Antón Chéjov (Rusia)
La capital está envuelta en las penumbras del atardecer. La nieve cae lentamente en gruesos copos, gira alrededor de los faroles encendidos y se extiende en una fina y blanda capa sobre los tejados, sobre los lomos de los caballos, sobre los hombros humanos y sobre los sombreros. El cochero Yona está completamente blanco, como un fantasma. Sentado en su trineo, ha encogido el cuerpo cuanto puede encogerlo un ser humano y permanece inmóvil. Se diría que ni un alud de nieve que le cayese encima lo sacaría de su quietud.
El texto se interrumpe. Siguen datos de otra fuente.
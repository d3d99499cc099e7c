//! How a run ends, and the status of each end of its work.

ghost use Rattle.std.specs.Prelude.{◌≡◌};
ghost use Rattle.uipd.specs.Statuses.{exit_code_of, status_of_fault, status_of_replay, status_of_serving, status_of_site, status_of_slip};

use file_tree::LoadFault;
use link_replay::{ReplayEnd, Why};
use site_commands::{SiteEnd, SiteError};
use trace::{CaptureWhy, SlipEnd};
use uip_edge::ServeEnd;

/// How a run ends.
/// [add: status] A variant, its number in `exit_code`, and the `From` of the end that causes it.
#[derive(Clone, Copy, Debug, PartialEq, Eq)]
pub enum Status {
    /// All that was asked for was done and written.
    Done,
    /// The words have no form that the program knows.
    BadWords,
    /// A call of the shelf failed, or it does not hold a file that the words name.
    ShelfFault,
    /// A call of the link failed.
    LinkFault,
    /// A call of the sink failed.
    WriteFault,
    /// The permitted number of items was consumed.
    Budget,
    /// The image, or the list from which one is to be made, has this first fault.
    BadSite(SiteError),
    /// This line of the schedule is the first bad one, for this reason.
    BadSchedule { line: u32, why: Why },
    /// Memory ran out.
    NoMemory,
    /// The capture file has a fault in the record with this number, counted from 1; its header has number 0.
    BadCapture { number: u64, why: CaptureWhy },
}

impl Status {
    /// Returns the exit status of the process.
    pub fn exit_code(self) -> u8
        ensures { result ≡ exit_code_of self }
    {
        match self {
            Status::Done => 0,
            Status::BadWords => 1,
            Status::ShelfFault => 2,
            Status::LinkFault => 3,
            Status::WriteFault => 4,
            Status::Budget => 5,
            Status::BadSite(_) => 6,
            Status::BadSchedule { .. } => 7,
            Status::NoMemory => 8,
            Status::BadCapture { .. } => 9,
        }
    }
}

/// The end of serving a line.
impl From<ServeEnd> for Status {
    ghost from_gives = { λ end status. status ≡ status_of_serving end };

    fn from(end: ServeEnd) -> Status {
        match end {
            ServeEnd::End => Status::Done,
            ServeEnd::LinkFault => Status::LinkFault,
            ServeEnd::WriteFault => Status::WriteFault,
            ServeEnd::Budget => Status::Budget,
        }
    }
}

/// The end of reading a capture file.
impl From<SlipEnd> for Status {
    ghost from_gives = { λ end status. status ≡ status_of_slip end };

    fn from(end: SlipEnd) -> Status {
        match end {
            SlipEnd::End => Status::Done,
            SlipEnd::LinkFault => Status::LinkFault,
            SlipEnd::WriteFault => Status::WriteFault,
            SlipEnd::Budget => Status::Budget,
            SlipEnd::Bad { number, why } => Status::BadCapture { number, why },
        }
    }
}

/// Why a site could not be opened.
impl From<LoadFault> for Status {
    ghost from_gives = { λ fault status. status ≡ status_of_fault fault };

    fn from(fault: LoadFault) -> Status {
        match fault {
            LoadFault::Shelf => Status::ShelfFault,
            LoadFault::Bad(error) => Status::BadSite(error),
            LoadFault::NoMemory => Status::NoMemory,
        }
    }
}

/// The end of a command for an image.
impl From<SiteEnd> for Status {
    ghost from_gives = { λ end status. status ≡ status_of_site end };

    fn from(end: SiteEnd) -> Status {
        match end {
            SiteEnd::Done => Status::Done,
            SiteEnd::ShelfFault => Status::ShelfFault,
            SiteEnd::WriteFault => Status::WriteFault,
            SiteEnd::Bad(error) => Status::BadSite(error),
            SiteEnd::NoMemory => Status::NoMemory,
        }
    }
}

/// The end of a replay.
impl From<ReplayEnd> for Status {
    ghost from_gives = { λ end status. status ≡ status_of_replay end };

    fn from(end: ReplayEnd) -> Status {
        match end {
            ReplayEnd::Done => Status::Done,
            ReplayEnd::ShelfFault => Status::ShelfFault,
            ReplayEnd::WriteFault => Status::WriteFault,
            ReplayEnd::BadSite(error) => Status::BadSite(error),
            ReplayEnd::BadSchedule { line, why } => Status::BadSchedule { line, why },
            ReplayEnd::NoMemory => Status::NoMemory,
        }
    }
}
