// Arcs, pies and round rectangles for C and Rust.
ghost use Rattle.std.specs.Prelude.{◌≡◌};
ghost use Rattle.ovals.specs.Call.{draw_arc, fill_arc, draw_round_rect, fill_round_rect};
ghost use Rattle.canvas.specs.Call.{call};
ghost use Rattle.tuyrashka.specs.Exported.{canvas_of, clip_of, color_of, gives};

#[unsafe(no_mangle)]
pub extern "C" fn tuyrashka_draw_arc(
    canvas: &[u32; 6],
    bytes: &mut [u8],
    x: i32,
    y: i32,
    w: u32,
    h: u32,
    start_angle: i32,
    arc_angle: i32,
    argb: u32,
    clip: &[u32; 4],
    drawn: &mut [u64; 1],
) -> u32
    ensures { (result, (drawn.new, bytes.new))
        ≡ gives (call (canvas_of canvas.now) (draw_arc x y w h start_angle arc_angle (color_of argb) (clip_of clip.now)) bytes.old) }
{
    tuyrashka::tuyrashka_draw_arc(
        canvas,
        bytes,
        x,
        y,
        w,
        h,
        start_angle,
        arc_angle,
        argb,
        clip,
        drawn,
    )
}

#[unsafe(no_mangle)]
pub extern "C" fn tuyrashka_fill_arc(
    canvas: &[u32; 6],
    bytes: &mut [u8],
    x: i32,
    y: i32,
    w: u32,
    h: u32,
    start_angle: i32,
    arc_angle: i32,
    argb: u32,
    clip: &[u32; 4],
    drawn: &mut [u64; 1],
) -> u32
    ensures { (result, (drawn.new, bytes.new))
        ≡ gives (call (canvas_of canvas.now) (fill_arc x y w h start_angle arc_angle (color_of argb) (clip_of clip.now)) bytes.old) }
{
    tuyrashka::tuyrashka_fill_arc(
        canvas,
        bytes,
        x,
        y,
        w,
        h,
        start_angle,
        arc_angle,
        argb,
        clip,
        drawn,
    )
}

#[unsafe(no_mangle)]
pub extern "C" fn tuyrashka_draw_round_rect(
    canvas: &[u32; 6],
    bytes: &mut [u8],
    x: i32,
    y: i32,
    w: u32,
    h: u32,
    arc_w: u32,
    arc_h: u32,
    argb: u32,
    clip: &[u32; 4],
    drawn: &mut [u64; 1],
) -> u32
    ensures { (result, (drawn.new, bytes.new))
        ≡ gives (call (canvas_of canvas.now) (draw_round_rect x y w h arc_w arc_h (color_of argb) (clip_of clip.now)) bytes.old) }
{
    tuyrashka::tuyrashka_draw_round_rect(canvas, bytes, x, y, w, h, arc_w, arc_h, argb, clip, drawn)
}

#[unsafe(no_mangle)]
pub extern "C" fn tuyrashka_fill_round_rect(
    canvas: &[u32; 6],
    bytes: &mut [u8],
    x: i32,
    y: i32,
    w: u32,
    h: u32,
    arc_w: u32,
    arc_h: u32,
    argb: u32,
    clip: &[u32; 4],
    drawn: &mut [u64; 1],
) -> u32
    ensures { (result, (drawn.new, bytes.new))
        ≡ gives (call (canvas_of canvas.now) (fill_round_rect x y w h arc_w arc_h (color_of argb) (clip_of clip.now)) bytes.old) }
{
    tuyrashka::tuyrashka_fill_round_rect(canvas, bytes, x, y, w, h, arc_w, arc_h, argb, clip, drawn)
}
Su caballo está también blanco e inmóvil. Por su inmovilidad, por las líneas rígidas de su cuerpo y por la rigidez de sus patas, parece, incluso mirándolo de cerca, un caballo de dulce de los que se les compran a los niños por un centavo. Yona está sumido en sus reflexiones, pues un hombre y un caballo que han sido arrancados del trabajo campestre y lanzados al infierno de una gran ciudad, como él y su caballo, están siempre sumergidos en pensamientos tristes. Es muy grande la diferencia entre la vida apacible del campo y la vida agitada de la ciudad, toda ruido y angustia, un torbellino de luces.
Hace mucho tiempo que Yona y su caballo permanecen inmóviles. Han salido a la calle antes de almorzar, pero Yona no ha conseguido nada. La ciudad se va cubriendo de sombras. La luz de los faroles se va haciendo más intensa, más brillante. El ruido aumenta.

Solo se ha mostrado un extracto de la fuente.